// The panel as it stands in the bytes of the state record: one bar, strip or setting read, or written where it stands. Any bytes may
// be lent, and any number of them: behind their end all are 0, and what is written there is lost.
#![tactic(auto)]

ghost use Rattle.std.specs.Prelude.{◌≡◌, true, false, set};
ghost use Rattle.state.specs.State.{bar_at, strip_at, with_bars, with_strips, with_serial, with_contrast, with_backlight, with_used, bar_slot, strip};
ghost use Rattle.record.specs.Reading.{panel_of};
ghost use Rattle.panel.specs.Revised.{revised, serial, backlight};

use bar_graph::Bar;
use lent_bytes::byte_at;
use record::{BAR_SIZE, STRIP_SIZE, part_at, put};
use state::{BARS, BarSlot, STRIPS, Serial, Strip};

// Where the parts stand behind the panel's front; the bars stand there.
pub const STRIPS_AT: usize = 112;

pub const SERIAL: usize = 152;

pub const CONTRAST: usize = 155;

pub const BACKLIGHT: usize = 156;

pub const MINUTES: usize = 157;

pub const USED: usize = 158;

// Bars and strips have a reader and a writer each: their fields differ, and what is the same of them is `part_at` and `put`.

#[tactic(auto, using(crate::proofs::Laws::no_bar_lem, crate::proofs::Laws::bar_read))]
pub fn bar_at(panel: &[u8], number: u8) -> BarSlot
    ensures { result ≡ bar_at (panel_of panel.now) number }
{
    let i = usize::from(number);
    if i >= BARS {
        return BarSlot {
            on: false,
            bar: Bar {
                kind: 0,
                x1: 0,
                y1: 0,
                x2: 0,
                y2: 0,
                value: 0,
            },
        };
    }
    let [on, kind, x1, y1, x2, y2, value] = part_at::<BAR_SIZE>(panel, BAR_SIZE * i);
    BarSlot {
        on: on == 1,
        bar: Bar {
            kind,
            x1,
            y1,
            x2,
            y2,
            value,
        },
    }
}

// Set up as this one; a number that there is not changes nothing.
#[tactic(auto, using(crate::proofs::Laws::bar_out, crate::proofs::Laws::bar_put))]
pub fn set_bar(panel: &mut [u8], number: u8, bar: Bar)
    ensures { panel.new ≡ revised panel.old (with_bars (panel_of panel.old) (set (panel_of panel.old).bars number (bar_slot true bar))) }
{
    let i = usize::from(number);
    if i >= BARS {
        return;
    }
    let bytes = [1, bar.kind, bar.x1, bar.y1, bar.x2, bar.y2, bar.value];
    put(panel, BAR_SIZE * i, &bytes);
}

#[tactic(auto, using(crate::proofs::Laws::no_strip_lem, crate::proofs::Laws::strip_read))]
pub fn strip_at(panel: &[u8], number: u8) -> Strip
    ensures { result ≡ strip_at (panel_of panel.now) number }
{
    let i = usize::from(number);
    if i >= STRIPS {
        return Strip {
            on: false,
            x1: 0,
            y1: 0,
            x2: 0,
            y2: 0,
        };
    }
    let [on, x1, y1, x2, y2] = part_at::<STRIP_SIZE>(panel, STRIPS_AT + STRIP_SIZE * i);
    Strip {
        on: on == 1,
        x1,
        y1,
        x2,
        y2,
    }
}

#[tactic(auto, using(crate::proofs::Laws::strip_out, crate::proofs::Laws::strip_put))]
pub fn set_strip(panel: &mut [u8], number: u8, x1: u8, y1: u8, x2: u8, y2: u8)
    ensures { panel.new ≡ revised panel.old (with_strips (panel_of panel.old) (set (panel_of panel.old).strips number (strip true x1 y1 x2 y2))) }
{
    let i = usize::from(number);
    if i >= STRIPS {
        return;
    }
    put(panel, STRIPS_AT + STRIP_SIZE * i, &[1, x1, y1, x2, y2]);
}

#[tactic(auto, unfolding(queue::specs::Record::bytes_from, record::specs::Reading::panel_of))]
pub fn serial_in(panel: &[u8]) -> Serial
    ensures { result ≡ (panel_of panel.now).serial }
{
    let [stored, a, b] = part_at::<3>(panel, SERIAL);
    Serial {
        on: stored == 1,
        a,
        b,
    }
}

#[tactic(auto, using(crate::proofs::Parts::serial_written))]
pub fn set_serial(panel: &mut [u8], a: u8, b: u8)
    ensures { panel.new ≡ revised panel.old (with_serial (panel_of panel.old) (serial true a b)) }
{
    put(panel, SERIAL, &[1, a, b]);
}

#[tactic(auto, using(crate::proofs::Parts::contrast_written))]
pub fn set_contrast(panel: &mut [u8], contrast: u8)
    ensures { panel.new ≡ revised panel.old (with_contrast (panel_of panel.old) contrast) }
{
    put(panel, CONTRAST, &[contrast]);
}

#[tactic(auto, using(crate::proofs::Parts::lit_written))]
pub fn set_backlight(panel: &mut [u8], minutes: u8)
    ensures { panel.new ≡ revised panel.old (with_backlight (panel_of panel.old) (backlight true minutes)) }
{
    put(panel, BACKLIGHT, &[1, minutes]);
}

// The minutes stay, and so does a byte that says off already.
#[tactic(auto, using(crate::proofs::Parts::dark_written, crate::proofs::Laws::dark_kept))]
pub fn clear_backlight(panel: &mut [u8])
    ensures { panel.new ≡ revised panel.old (with_backlight (panel_of panel.old) (backlight false (panel_of panel.old).backlight.minutes)) }
{
    if byte_at(panel, BACKLIGHT) == 1 {
        put(panel, BACKLIGHT, &[0]);
    }
}

// The used room.
#[tactic(auto, using(crate::proofs::Laws::used_read))]
pub fn used_in(panel: &[u8]) -> u16
    ensures { result ≡ (panel_of panel.now).used }
{
    u16::from_le_bytes(part_at(panel, USED))
}

#[tactic(auto, using(crate::proofs::Laws::used_put))]
pub fn set_used(panel: &mut [u8], used: u16)
    ensures { panel.new ≡ revised panel.old (with_used (panel_of panel.old) used) }
{
    put(panel, USED, &used.to_le_bytes());
}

★ ★ ★ ★

#### Work task
Read the records above. Show each line that has the string "crate".

#### Response box
#[tactic(auto, using(crate::proofs::Laws::no_bar_lem, crate::proofs::Laws::bar_read))]
#[tactic(auto, using(crate::proofs::Laws::bar_out, crate::proofs::Laws::bar_put))]
#[tactic(auto, using(crate::proofs::Laws::no_strip_lem, crate::proofs::Laws::strip_read))]
#[tactic(auto, using(crate::proofs::Laws::strip_out, crate::proofs::Laws::strip_put))]
#[tactic(auto, using(crate::proofs::Parts::serial_written))]
#[tactic(auto, using(crate::proofs::Parts::contrast_written))]
#[tactic(auto, using(crate::proofs::Parts::lit_written))]
#[tactic(auto, using(crate::proofs::Parts::dark_written, crate::proofs::Laws::dark_kept))]
#[tactic(auto, using(crate::proofs::Laws::used_read))]
#[tactic(auto, using(crate::proofs::Laws::used_put))]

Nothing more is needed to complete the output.